> _Problem details_
Please find the lines in the entries below that contain the word "them", and copy each one.
** Data provided follows **
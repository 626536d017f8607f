// The nodes beside, above and below a node.
ghost use Rattle.std.specs.Prelude.{◌≡◌, ◌<◌, length, Some, IfSome};
ghost use Rattle.dom_tree.specs.Nodes.{parent_of, is_in_document};
ghost use Rattle.dom_tree.specs.Order.{first_child, last_child, next_sibling, previous_sibling, next_within, child_at};
ghost use Rattle.dom_tree.specs.inner.Kept.{nodes_of, IsLinked};

use crate::moves::is_above;
use crate::parts::NodeData;

pub(crate) fn first_child(nodes: &[NodeData], node: u32) -> Option<u32>
    requires linked { IsLinked nodes.now }
    requires node { node < length nodes.now }
    ensures is { result ≡ first_child (nodes_of nodes.now) node }
    ensures there { IfSome result (λ child. child < length nodes.now) }
{
    nodes[node as usize].links.first
}

pub(crate) fn last_child(nodes: &[NodeData], node: u32) -> Option<u32>
    requires linked { IsLinked nodes.now }
    requires node { node < length nodes.now }
    ensures { result ≡ last_child (nodes_of nodes.now) node }
{
    nodes[node as usize].links.last
}

pub(crate) fn next_sibling(nodes: &[NodeData], node: u32) -> Option<u32>
    requires linked { IsLinked nodes.now }
    requires node { node < length nodes.now }
    ensures is { result ≡ next_sibling (nodes_of nodes.now) node }
    ensures there { IfSome result (λ x. x < length nodes.now) }
    ensures beside { IfSome result
        (λ x. parent_of (nodes_of nodes.now) x ≡ parent_of (nodes_of nodes.now) node) }
{
    nodes[node as usize].links.next
}

pub(crate) fn previous_sibling(nodes: &[NodeData], node: u32) -> Option<u32>
    requires linked { IsLinked nodes.now }
    requires node { node < length nodes.now }
    ensures is { result ≡ previous_sibling (nodes_of nodes.now) node }
    ensures there { IfSome result (λ x. x < length nodes.now) }
    ensures beside { IfSome result
        (λ x. parent_of (nodes_of nodes.now) x ≡ parent_of (nodes_of nodes.now) node) }
{
    nodes[node as usize].links.previous
}

/// The child of this number, the first being number 0.
pub(crate) fn child_at(nodes: &[NodeData], node: u32, number: u32) -> Option<u32>
    requires linked { IsLinked nodes.now }
    requires node { node < length nodes.now }
    ensures is { result ≡ child_at (nodes_of nodes.now) (Some node) number }
    ensures there { IfSome result (λ child. child < length nodes.now) }
{
    let mut child = first_child(nodes, node);
    'along: for _ in 0..number {
        match child {
            Some(passed) => child = next_sibling(nodes, passed),
            None => return None,
        }
    }
    child
}

/// The node that follows in tree order, as far as the tree below the root goes.
pub(crate) fn next_within(nodes: &[NodeData], root: u32, node: u32) -> Option<u32>
    requires linked { IsLinked nodes.now }
    requires node { node < length nodes.now }
    ensures is { result ≡ next_within (nodes_of nodes.now) root node }
    ensures there { IfSome result (λ next. next < length nodes.now) }
{
    let below = first_child(nodes, node);
    if below.is_some() {
        return below;
    }
    let mut here = node;
    while here != root {
        let beside = next_sibling(nodes, here);
        if beside.is_some() {
            return beside;
        }
        let above = nodes[here as usize].parent;
        match above {
            Some(parent) => here = parent,
            None => return None,
        }
    }
    None
}

/// Whether the node is the document or below it.
pub(crate) fn is_in_document(nodes: &[NodeData], node: u32) -> bool
    requires { IsLinked nodes.now }
    ensures { result ≡ is_in_document (nodes_of nodes.now) node }
{
    node == 0 || ((node as usize) < nodes.len() && is_above(nodes, 0, node))
}
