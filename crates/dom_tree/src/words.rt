// Texts that are compared and made.
ghost use Rattle.std.specs.Prelude.{◌≡◌, List, [], IfOk};
ghost use Rattle.std.specs.Str.{bytes_eq};

use mug_text::{JText, NoMemory};
use std::alloc::Global;

// Whether two texts have the same units.
pub(crate) fn same_text(a: &JText, b: &JText) -> bool
    ensures { result ≡ bytes_eq a.now b.now }
{
    if a.len() != b.len() {
        return false;
    }
    for index in 0..a.len() {
        if a.unit(index) != b.unit(index) {
            return false;
        }
    }
    true
}

// Whether a text is this word in ASCII.
pub(crate) fn is_word(text: &JText, word: &[u8]) -> bool
    ensures { result ≡ bytes_eq text.now word.now }
{
    if text.len() != word.len() {
        return false;
    }
    for (index, byte) in word.iter().enumerate() {
        if text.unit(index) != u16::from(*byte) {
            return false;
        }
    }
    true
}

// The text without units.
pub(crate) fn no_text(alloc: Global) -> Result<JText, NoMemory>
    ensures { IfOk result (λ text. text ≡ []) }
{
    JText::from_units(alloc, &[])
}
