// What a document is made of.
ghost use Rattle.std.specs.Prelude.{◌≡◌, [], None, is_some, IfOk};
ghost use Rattle.dom_tree.specs.Names.{keeps_value, fresh};
ghost use Rattle.dom_tree.specs.inner.Kept.{bare, no_links};

use crate::attributes::Attributes;
use crate::words::{is_word, no_text};
use mug_text::{JText, NoMemory};
use std::alloc::Global;

/// What a node is.
#[derive(Debug, Drop)]
pub enum Kind {
    Document,
    /// An element of this name.
    Element(JText),
    Text(JText),
}

/// What a new node is to be.
#[derive(Debug, Drop)]
pub enum NewNode {
    /// An element of this name.
    Element(JText),
    Text(JText),
}

/// The nodes around a node, but for its parent.
#[derive(Clone, Copy, Debug)]
pub(crate) struct Links {
    pub(crate) first: Option<u32>,
    pub(crate) last: Option<u32>,
    pub(crate) previous: Option<u32>,
    pub(crate) next: Option<u32>,
}

/// What is kept of a node. Its children are read by the document's calls.
#[derive(Debug, Drop)]
pub struct NodeData {
    pub kind: Kind,
    /// The document has none, and the root of a tree outside the document.
    pub parent: Option<u32>,
    pub attributes: Attributes,
    /// What an input or a textarea holds; other nodes have none.
    pub value: Option<JText>,
    pub(crate) links: Links,
}

impl Kind {
    /// Whether a node of this kind keeps a value beside its attributes: an input or a textarea.
    pub fn keeps_value(&self) -> bool
        ensures { result ≡ keeps_value self.now }
    {
        match self {
            Kind::Element(name) => is_word(name, b"input") || is_word(name, b"textarea"),
            _ => false,
        }
    }
}

impl Links {
    /// The links of a node in no parent and without children.
    pub(crate) fn new() -> Links
        ensures { result ≡ no_links }
    {
        Links {
            first: None,
            last: None,
            previous: None,
            next: None,
        }
    }
}

impl NodeData {
    /// A node outside the document.
    pub(crate) fn fresh(alloc: Global, kind: Kind) -> Result<NodeData, NoMemory>
        ensures is { IfOk result (λ d. bare d ≡ fresh kind) }
        ensures links { IfOk result (λ d. d.links ≡ no_links) }
    {
        let value = if kind.keeps_value() {
            Some(no_text(alloc)?)
        } else {
            None
        };
        Ok(NodeData {
            kind,
            parent: None,
            attributes: Attributes::new(alloc),
            value,
            links: Links::new(),
        })
    }
}
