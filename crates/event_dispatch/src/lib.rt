//! Listeners, and the calls of a dispatch (DOM Standard, 2.7 to 2.9).
#![tactic(auto)]

mod event_path;
mod laws;
mod listener;
mod listeners;
mod places;
mod turn;
mod walk;

pub use event_path::{Target, path};
pub use laws::the_calls_are_those_of_the_lists;
pub use listener::{Listener, Role};
pub use listeners::Listeners;
pub use turn::{Call, Phase};
pub use walk::{Stop, Walk};
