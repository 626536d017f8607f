//! Prints what terms and the small host give for the cases on the lines of the input.
#![tactic(auto)]

mod cases;
mod hosts;
mod laws;
mod lines;
mod nodes;
mod rows;
mod run;
mod words;

use std::io;

fn main(rt: HostRuntime) -> io::Result<()> {
    for line in rt.lines(rt.alloc()) {
        let line = line?;
        let told = match cases::answer(rt.alloc(), line.as_str()) {
            Ok(told) => told,
            Err(_) => return Err(io::Error::from(io::ErrorKind::OutOfMemory)),
        };
        println!(rt; "{told}")?;
    }
    Ok(())
}
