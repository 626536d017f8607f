// What the walk through a document has to do with tree order.
ghost use Rattle.std.specs.Prelude.{◌≡◌, ℕ, ◌≤◌, List, length, Some};
ghost use Rattle.dom_tree.specs.Node.{DomNode};
ghost use Rattle.dom_tree.specs.Nodes.{Fits, way_up};
ghost use Rattle.dom_tree.specs.Order.{in_order, next_within};

/// What `Dom::next_within` gives from the document on, asked again and again, is the document and
/// all in it in tree order, and then nothing, however often it may be asked.
pub fn walk_is_in_tree_order()
    ensures { (nodes : List DomNode) (times : ℕ) → Fits nodes → length (in_order nodes) ≤ times
        → way_up (next_within nodes 0) times (Some 0) ≡ in_order nodes }
{}
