// A listener.
ghost use Rattle.std.specs.Prelude.{◌≡◌};
ghost use Rattle.event_dispatch.specs.Listeners as spec;

use js_value::{Callable, ObjId, Value, same};
use mug_text::JText;

/// What a listener was added as.
#[derive(Clone, Copy, Debug, PartialEq, Eq)]
pub enum Role {
    /// A listener for the way down to the target.
    Capture,
    /// A listener for the way up from it.
    Bubble,
    /// The handler of its object and type, which is called on the way up.
    Handler,
}

/// A listener (DOM Standard, 2.7).
#[derive(Debug, Drop)]
pub struct Listener {
    /// Its number: how many were added before it, those that are gone among them.
    pub number: u64,
    /// The object that it belongs to.
    pub owner: ObjId,
    /// The type of the events for which it is called.
    pub kind: JText,
    /// What it calls.
    pub f: Callable,
    pub role: Role,
}

/// What a listener that is no handler is added as.
pub(crate) fn role_of(capture: bool) -> Role
    ensures { result ≡ spec.role_of capture }
{
    if capture { Role::Capture } else { Role::Bubble }
}

// Whether a listener that is no handler was added as this.
fn is_role(capture: bool, role: Role) -> bool
    ensures { result ≡ spec.is_role capture role }
{
    match role {
        Role::Capture => capture,
        Role::Bubble => !capture,
        Role::Handler => false,
    }
}

impl Listener {
    /// Whether it is called for events of this type.
    pub(crate) fn is_of(&self, kind: &JText) -> bool
        ensures { result ≡ spec.is_of kind.now self.now }
    {
        self.kind == *kind
    }

    /// Whether it is called on the way down, or else on the way up.
    pub(crate) fn is_half(&self, down: bool) -> bool
        ensures { result ≡ spec.is_half down self.now }
    {
        match self.role {
            Role::Capture => down,
            Role::Bubble | Role::Handler => !down,
        }
    }

    /// Whether it was added for this type with this callback, for the way down or not.
    pub(crate) fn is_callback(&self, kind: &JText, f: &Value, capture: bool) -> bool
        ensures { result ≡ spec.is_callback kind.now f.now capture self.now }
    {
        if !self.is_of(kind) || !is_role(capture, self.role) {
            return false;
        }
        let own = Value::from(self.f);
        same(&own, f)
    }

    /// Whether it is the handler of this type.
    pub(crate) fn is_handler(&self, kind: &JText) -> bool
        ensures { result ≡ spec.is_handler kind.now self.now }
    {
        self.is_of(kind) && matches!(self.role, Role::Handler)
    }
}
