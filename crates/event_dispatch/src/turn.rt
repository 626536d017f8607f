// The turns of the objects in a path, and the calls.
use js_value::{Callable, ObjId};

/// Where an event is on its way (DOM Standard, 2.2, `eventPhase`).
#[derive(Clone, Copy, Debug, PartialEq, Eq)]
pub enum Phase {
    Capturing,
    AtTarget,
    Bubbling,
}

/// The turn of an object in a pass.
#[derive(Clone, Copy, Debug, PartialEq, Eq)]
pub struct Turn {
    pub owner: ObjId,
    pub phase: Phase,
}

/// A listener of the list that was copied when its object's turn came.
#[derive(Clone, Copy, Debug, PartialEq, Eq)]
pub struct Pending {
    pub number: u64,
    pub phase: Phase,
}

/// What is called next.
#[derive(Clone, Copy, Debug, PartialEq, Eq)]
pub struct Call {
    pub f: Callable,
    /// The object to which the listener belongs.
    pub owner: ObjId,
    pub phase: Phase,
    /// Whether it is a handler, whose answer false prevents the default.
    pub handler: bool,
}
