// An arena of nodes, as a case writes it.
ghost use Rattle.std.specs.Prelude.{◌≡◌, ℕ, ◌<◌, false, IfOk, IfSome, IsTrue};
ghost use Rattle.js_tree.specs.Arena.{IsWithin};
ghost use Rattle.js_tree.specs.Trees.{elements, nodes, parts, perhaps};

use crate::words::{first_word, number};
use js_tree::{BinaryOperator, Declarator, Entry, Node, NodeId, Script, UnaryOperator};
use mug_text::{Listed, NoMemory};
use std::alloc::Global;
use written_text::written_text;

/// The arena of the nodes that are written one behind the other, with `;` between them. A node that
/// names what isn't before it is an empty statement.
pub fn script_of(alloc: Global, written: &str) -> Result<Script, NoMemory> {
    let mut script = Script::new(alloc);
    for part in written.split(';') {
        add(alloc, &mut script, part)?;
    }
    Ok(script)
}

fn add(alloc: Global, script: &mut Script, written: &str) -> Result<(), NoMemory> {
    let count = script.count();
    let node = node(alloc, count, written.trim())?;
    let at = number(written);
    script.add(node, at, at)?;
    Ok(())
}

// The node of this number, if there are more than so many.
fn part(count: usize, written: &str) -> Option<NodeId>
    ensures { IfSome result (λ id. id.number < count) }
{
    let number = number(written);
    if (number as usize) < count {
        Some(NodeId { number })
    } else {
        None
    }
}

// The same, or else the other.
fn part_or(count: usize, written: &str, other: NodeId) -> NodeId
    ensures { other.number < count → result.number < count }
{
    match part(count, written) {
        Some(id) => id,
        None => other,
    }
}

fn numbered(alloc: Global, count: usize, written: &str) -> Result<Listed<NodeId>, NoMemory> {
    let mut ids = Listed::new(alloc);
    for word in written.split_whitespace() {
        if let Some(id) = part(count, word) {
            ids.push(id)?;
        }
    }
    Ok(ids)
}

// Whether each of these is one of so many.
fn are_within(count: usize, ids: &[NodeId]) -> bool
    ensures { IsTrue result → (b : ℕ) → IsWithin count b (nodes ids.now) }
{
    for id in ids {
        if id.number as usize >= count {
            return false;
        }
    }
    true
}

// The nodes of these numbers.
fn nodes_of(alloc: Global, count: usize, written: &str) -> Result<Listed<NodeId>, NoMemory>
    ensures { IfOk result (λ ids. (b : ℕ) → IsWithin count b (nodes ids)) }
{
    let ids = numbered(alloc, count, written)?;
    if are_within(count, ids.as_slice()) {
        Ok(ids)
    } else {
        Ok(Listed::new(alloc))
    }
}

// What is no number of a node is a hole.
fn holed(alloc: Global, count: usize, written: &str) -> Result<Listed<Option<NodeId>>, NoMemory> {
    let mut ids = Listed::new(alloc);
    for word in written.split_whitespace() {
        ids.push(part(count, word))?;
    }
    Ok(ids)
}

fn is_missing(count: usize, id: Option<NodeId>) -> bool
    ensures { result ≡ false → (b : ℕ) → IsWithin count b (perhaps id) }
{
    match id {
        Some(id) => id.number as usize >= count,
        None => false,
    }
}

// Whether each of these that is no hole is one of so many.
fn are_elements(count: usize, ids: &[Option<NodeId>]) -> bool
    ensures { IsTrue result → (b : ℕ) → IsWithin count b (elements ids.now) }
{
    for id in ids {
        if is_missing(count, *id) {
            return false;
        }
    }
    true
}

fn array(alloc: Global, count: usize, written: &str) -> Result<Node, NoMemory>
    ensures { IfOk result (λ n. (b : ℕ) → IsWithin count b (parts n)) }
{
    let ids = holed(alloc, count, written)?;
    if are_elements(count, ids.as_slice()) {
        Ok(Node::Array(ids))
    } else {
        Ok(Node::Empty)
    }
}

// A leaf, or an expression or a statement of what stands before.
fn node(alloc: Global, count: usize, written: &str) -> Result<Node, NoMemory>
    ensures { IfOk result (λ n. (b : ℕ) → IsWithin count b (parts n)) }
{
    let (word, rest) = first_word(written);
    match word {
        "number" => Ok(Node::Number(rest.parse().unwrap_or(0))),
        "text" => Ok(Node::Text(written_text(alloc, rest)?)),
        "name" => Ok(Node::Name(written_text(alloc, rest)?)),
        "null" => Ok(Node::Null),
        "true" => Ok(Node::Bool(true)),
        "array" => array(alloc, count, rest),
        "block" => Ok(Node::Block(nodes_of(alloc, count, rest)?)),
        "var" => variables(alloc, count, rest),
        "object" => object(alloc, count, rest),
        _ => node_above(alloc, count, word, rest),
    }
}

// A `var` of two names, of which the second has the value.
fn variables(alloc: Global, count: usize, written: &str) -> Result<Node, NoMemory>
    ensures { IfOk result (λ n. (b : ℕ) → IsWithin count b (parts n)) }
{
    let (name, rest) = first_word(written);
    let name = written_text(alloc, name)?;
    let mut list = Listed::new(alloc);
    let first = Declarator {
        name: name.copy()?,
        value: None,
    };
    let second = Declarator {
        name,
        value: part(count, rest),
    };
    list.push(first)?;
    list.push(second)?;
    Ok(Node::Var(list))
}

// An object of one property.
fn object(alloc: Global, count: usize, written: &str) -> Result<Node, NoMemory>
    ensures { IfOk result (λ n. (b : ℕ) → IsWithin count b (parts n)) }
{
    let (key, rest) = first_word(written);
    let Some(value) = part(count, rest) else {
        return Ok(Node::Empty);
    };
    let mut entries = Listed::new(alloc);
    let entry = Entry {
        key: written_text(alloc, key)?,
        value,
    };
    entries.push(entry)?;
    Ok(Node::Object(entries))
}

// A node of one or two that stand before.
fn node_above(alloc: Global, count: usize, word: &str, written: &str) -> Result<Node, NoMemory>
    ensures { IfOk result (λ n. (b : ℕ) → IsWithin count b (parts n)) }
{
    let (first, rest) = first_word(written);
    let Some(left) = part(count, first) else {
        return Ok(Node::Empty);
    };
    match word {
        "member" => {
            let key = written_text(alloc, rest)?;
            Ok(Node::Member { object: left, key })
        }
        "call" => {
            let arguments = nodes_of(alloc, count, rest)?;
            Ok(Node::Call {
                callee: left,
                arguments,
            })
        }
        _ => Ok(node_of(word, left, part_or(count, rest, left))),
    }
}

// A node of one or of two others.
fn node_of(word: &str, left: NodeId, right: NodeId) -> Node
    ensures { (n b : ℕ) → left.number < n → right.number < n → IsWithin n b (parts result) }
{
    match word {
        "index" => Node::Index {
            object: left,
            key: right,
        },
        "add" => Node::Binary {
            operator: BinaryOperator::Add,
            left,
            right,
        },
        "and" => Node::And { left, right },
        "delete" => Node::Unary {
            operator: UnaryOperator::Delete,
            operand: left,
        },
        "typeof" => Node::Unary {
            operator: UnaryOperator::TypeOf,
            operand: left,
        },
        "not" => Node::Unary {
            operator: UnaryOperator::Not,
            operand: left,
        },
        _ => statement_of(word, left, right),
    }
}

// A statement of one or of two others, or an assignment.
fn statement_of(word: &str, left: NodeId, right: NodeId) -> Node
    ensures { (n b : ℕ) → left.number < n → right.number < n → IsWithin n b (parts result) }
{
    match word {
        "assign" => Node::Assign {
            operator: None,
            target: left,
            value: right,
        },
        "increase" => Node::Assign {
            operator: Some(BinaryOperator::Add),
            target: left,
            value: right,
        },
        "expression" => Node::Expression(left),
        "throw" => Node::Throw(left),
        "return" => Node::Return(Some(left)),
        "if" => Node::If {
            test: left,
            then: right,
            otherwise: None,
        },
        _ => Node::Empty,
    }
}
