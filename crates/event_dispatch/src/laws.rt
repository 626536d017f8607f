// What holds of a dispatch by the definitions alone. This function does nothing: its clause is the law.
ghost use Rattle.std.specs.Prelude.{◌≡◌, List, Some, None, [], ◌∷◌, MatchOption};
ghost use Rattle.event_dispatch.specs.Listeners.{Listener};
ghost use Rattle.event_dispatch.specs.Dispatch.{Dispatch, calls_left, step};

/// The next call is the first of those that the lists in a row still have, and those behind it are
/// left then.
pub fn the_calls_are_those_of_the_lists()
    ensures { (ls : List Listener) (d : Dispatch) → MatchOption (step ls d).call
        (calls_left ls d ≡ [])
        (λ c. calls_left ls d ≡ c ∷ calls_left ls (step ls d).after) }
{}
** End of Data provided **
> _Output for this task_
    /// Its number: how many were added before it, those that are gone among them.
/// The arena of the nodes that are written one behind the other, with `;` between them. A node that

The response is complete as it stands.